Für die elektronische authentifizierte Übermittlung steht grundsätzlich das Internetportal Mein ELSTER zur Verfügung. Der Registrierungsvorgang kann bis zu zwei Wochen dauern.

Ausführliche Informationen finden Sie hier auf der Homepage des Bayerischen Landesamts für Steuern.

Umsatzsteuer-Voranmeldung

Als Existenzgründer waren Sie bis Ende 2020 in den ersten zwei Jahren zur monatlichen Umsatzsteuer-Voranmeldung verpflichtet. Die IHK-Organisation hat in zahlreichen Stellungnahmen gegenüber dem Gesetzgeber und der Finanzverwaltung seit Jahren diese bürokratische Mehrbelastung angeprangert. Mit dem dritten Bürokratieentlastungsgesetz (BEG III) wurden Gründer nunmehr nicht mehr verpflichtet die Umsatzsteuervoranmeldung monatlich ‎abzugeben. Dies ist allerdings befristet auf den ‎Besteuerungszeitraum 2021 bis 2026.

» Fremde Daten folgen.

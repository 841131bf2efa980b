ghost use Rattle.std.specs.Prelude.{◌≡◌, ◌++◌, OnOk};
ghost use Rattle.ja_facts.specs.ClassTables as tables;
ghost use Rattle.ja_constraints.specs.Operations as operations;

use crate::constraint::{Constraints, add_copy, add_link, add_throws_library, add_token};
use ja_base::{Kind, Memory};
use ja_cells::{is_made, outer_token};
use ja_ir::{Op, Program};
use ja_network::{Action, Cell};
use ja_tokens::{rarr_token, text_token};

// Adds that an object of a token is made.
fn add_made(told: &mut Constraints, token: u32) -> Result<(), Memory>
    ensures { OnOk result (told.new ≡ told.old ++ operations.makes token) }
{
    add_token(told, Cell::Single { token }, token)
}

// Adds that an object of a class is made, where it can be.
fn add_new(told: &mut Constraints, p: &Program, token: u32) -> Result<(), Memory>
    ensures { OnOk result (told.new ≡ told.old ++ operations.makes_new p.now token) }
{
    if is_made(p, token) {
        add_made(told, token)
    } else {
        Ok(())
    }
}

// Adds what is in the bag of an array when it is made.
fn add_filled(told: &mut Constraints, p: &Program, last: u32, dimensions: u32) -> Result<(), Memory>
    ensures { OnOk result (told.new ≡ told.old ++ operations.fills_array p.now last dimensions) }
{
    if dimensions < 2 {
        return Ok(());
    }
    let token = rarr_token(p);
    add_token(told, Cell::Bag { token }, last)?;
    if dimensions == 2 {
        return Ok(());
    }
    add_token(told, Cell::Bag { token }, token)
}

// Adds that an array is made.
fn add_array(told: &mut Constraints, p: &Program, last: u32, dimensions: u32) -> Result<(), Memory>
    ensures { OnOk result (told.new ≡ told.old ++ operations.makes_array p.now last dimensions) }
{
    add_made(told, outer_token(p, last, dimensions))?;
    add_filled(told, p, last, dimensions)
}

// Adds that an element is stored from a cell.
fn add_stored(told: &mut Constraints, p: &Program, from: Cell, kind: Kind) -> Result<(), Memory>
    ensures { OnOk result (told.new ≡ told.old ++ operations.stores p.now from kind) }
{
    match kind {
        Kind::R => {
            let to = Cell::Bag {
                token: rarr_token(p),
            };
            add_copy(told, from, to)
        }
        _ => Ok(()),
    }
}

// Adds that a result is returned from a cell, where there is one.
fn add_returned(
    told: &mut Constraints,
    method: u32,
    from: Cell,
    kind: Option<Kind>,
) -> Result<(), Memory>
    ensures { OnOk result (told.new ≡ told.old ++ operations.returns method from kind) }
{
    match kind {
        Some(_) => add_copy(told, from, Cell::Answer { method }),
        None => Ok(()),
    }
}

/// Adds what an instruction makes, and where its topmost value goes, which is in this cell.
pub fn add_operation(
    told: &mut Constraints,
    p: &Program,
    method: u32,
    index: u32,
    top: Cell,
    op: &Op,
) -> Result<(), Memory>
    ensures { OnOk result (told.new ≡ told.old ++ operations.does p.now method index top op.now) }
{
    match op {
        Op::Text => add_made(told, text_token(p)),
        Op::New(token) => add_new(told, p, token.0),
        Op::NewArray { last, dimensions } => add_array(told, p, last.0, *dimensions),
        Op::ArrStore(kind) => add_stored(told, p, top, *kind),
        Op::PutField(field) => add_copy(told, top, Cell::Field { field: field.0 }),
        Op::PutStatic(field) => add_copy(told, top, Cell::Field { field: field.0 }),
        Op::Cast(_) => add_link(told, top, Action::Check { method, index }),
        Op::Throw => add_copy(told, top, Cell::Thrown { method, index }),
        Op::Return(kind) => add_returned(told, method, top, *kind),
        _ => Ok(()),
    }
}

// Whether an operation throws a library object by choice, or where the reference that it throws is
// null.
fn may_throw_library(op: &Op) -> bool
    ensures { result ≡ operations.may_throw_library op.now }
{
    match op {
        Op::Mix { throws, .. } => *throws,
        Op::New(_)
        | Op::NewArray { .. }
        | Op::ArrLoad(_)
        | Op::ArrStore(_)
        | Op::ArrLen
        | Op::GetField(_)
        | Op::PutField(_)
        | Op::Cast(_)
        | Op::Monitor
        | Op::Throw => true,
        _ => false,
    }
}

// Whether some end of an operation throws.
fn throws_some(op: &Op) -> bool
    ensures { result ≡ tables.throws_some op.now }
{
    match op {
        Op::Call(_) => true,
        _ => may_throw_library(op),
    }
}

// Adds that a library object is thrown, where it is so.
fn add_raised(
    told: &mut Constraints,
    p: &Program,
    method: u32,
    index: u32,
    raises: bool,
) -> Result<(), Memory>
    ensures { OnOk result (told.new ≡ told.old ++ operations.raises_library p.now method index raises) }
{
    if raises {
        add_throws_library(told, p, method, index)
    } else {
        Ok(())
    }
}

/// Adds what an operation throws whatever is there, and that what it throws goes somewhere.
pub fn add_raises(
    told: &mut Constraints,
    p: &Program,
    method: u32,
    index: u32,
    op: &Op,
) -> Result<(), Memory>
    ensures { OnOk result (told.new ≡ told.old ++ operations.raises p.now method index op.now) }
{
    add_raised(told, p, method, index, may_throw_library(op))?;
    if throws_some(op) {
        return add_link(
            told,
            Cell::Thrown { method, index },
            Action::Throw { method, index },
        );
    }
    Ok(())
}
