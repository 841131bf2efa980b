use crate::state::KindList;
use ja_base::Kind;
use ja_code::Rearrangement;

/// What an instruction does to a frame, with what its operands and the constant pool say.
#[derive(Drop)]
pub enum Effect {
    /// Pushes the local at a place.
    Loads(Kind, u64),
    /// Pops into the local at a place.
    Stores(Kind, u64),
    /// Uses an int local where it stands.
    Counts(u64),
    /// Moves words.
    Moves(Rearrangement),
    /// Pops values of some kinds and pushes values of others, each from the bottom.
    Exchanges { taken: KindList, pushed: KindList },
    /// Ends the method, with a value where there is a kind.
    Leaves(Option<Kind>),
}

‎Damit wurde immerhin ein Teilerfolg zu Gunsten der Existenzgründer erreicht. Somit ist der Voranmeldezeitraum seit 1. Januar 2021 grundsätzlich das Kalendervierteljahr, es sei denn die Steuer für das vorangegangene Kalenderjahr beträgt mehr als 7.500 Euro. In diesem Fall sind monatliche Anmeldungen abzugeben. Bei einer abzuführenden Umsatzsteuer des Vorjahres von weniger als 1.000 Euro kann das Finanzamt den Unternehmer von der Pflicht zur Voranmeldung und Vorauszahlung befreien.